_TASK BRIEF:_ The answer is a single number: the count of lines in the records below that contain the word "ensures".

Saved entries:
>>>>

use file_tree::{Errno, TreeFault};

/// Why a call on files did nothing.
#[derive(Clone, Copy, Debug, PartialEq, Eq)]
pub enum FileFault {
    /// The call is refused.
    Errno(Errno),
    /// It waits for another thread, or for a device.
    Block,
    /// There is no memory for it.
    Memory,
}
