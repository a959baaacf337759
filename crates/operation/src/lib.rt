// The operation: n, r and value of one choice of operands, shifts and sign.
#![tactic(auto)]

ghost use Rattle.std.specs.Prelude.{◌≡◌, [], ◌∷◌, ◌+◌, ◌<◌, ◌≤◌, min, leb, eqb};
ghost use Rattle.meaning.specs.Basics.{all};
ghost use Rattle.meaning.specs.Limits.{most_limit};
ghost use Rattle.meaning.specs.Operation.{whole, operated};
ghost use Rattle.meaning.specs.Calls.{Operates};
ghost use Rattle.operation.specs.Code.{outcome_of};

use meaning::{LEAST_BITS, MOST_BITS, Made};

// Both shifts are at most the limit, s is 0 or 1, and at least one shift is 0.
fn shifts_fit(limit: u32, l1: u32, l2: u32, s: u32) -> bool
    ensures { result ≡ all (leb l1 limit ∷ leb l2 limit ∷ leb s 1 ∷ eqb (min l1 l2) 0 ∷ []) }
{
    l1 <= limit && l2 <= limit && s <= 1 && l1.min(l2) == 0
}

// n = 2^l1 × u + (-1)^s × 2^l2 × v
fn whole_of(u: u32, v: u32, l1: u32, l2: u32, s: u32) -> i64
    requires { (l1 ≤ most_limit) × (l2 ≤ most_limit) }
    ensures { result ≡ whole u v l1 l2 s }
{
    let a = arith::shifted(u, l1) as i64;
    let b = arith::shifted(v, l2) as i64;
    if s == 0 {
        return a + b;
    }
    a - b
}

// What n comes to: r is all the trailing zeros of |n|, and the value is what is left, if that is below 2^limit.
fn outcome_of(limit: u32, n: i64) -> Option<Made>
    requires { limit ≤ most_limit }
    ensures { result ≡ outcome_of limit n }
{
    let m = arith::magnitude64(n);
    if m == 0 {
        return None;
    }
    let r = m.trailing_zeros();
    let value = m >> r;
    if 1u64 << limit <= value {
        return None;
    }
    Some(Made {
        n,
        r,
        value: value as u32,
    })
}

// The operation under any limit that the product knows.
fn made(limit: u32, u: u32, v: u32, l1: u32, l2: u32, s: u32) -> Option<Made>
    requires { limit ≤ most_limit }
    ensures { result ≡ operated limit u v l1 l2 s }
{
    if !shifts_fit(limit, l1, l2, s) {
        return None;
    }
    let n = whole_of(u, v, l1, l2, s);
    outcome_of(limit, n)
}

// Under the bit limit b.
pub fn operate(b: u32, u: u32, v: u32, l1: u32, l2: u32, s: u32) -> Option<Made>
    ensures { Operates b u v l1 l2 s result }
{
    if !arith::within(b as usize, LEAST_BITS, MOST_BITS) {
        return None;
    }
    let limit = arith::limit(b);
    made(limit, u, v, l1, l2, s)
}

<<<<

_TASK OUTPUT:_ 5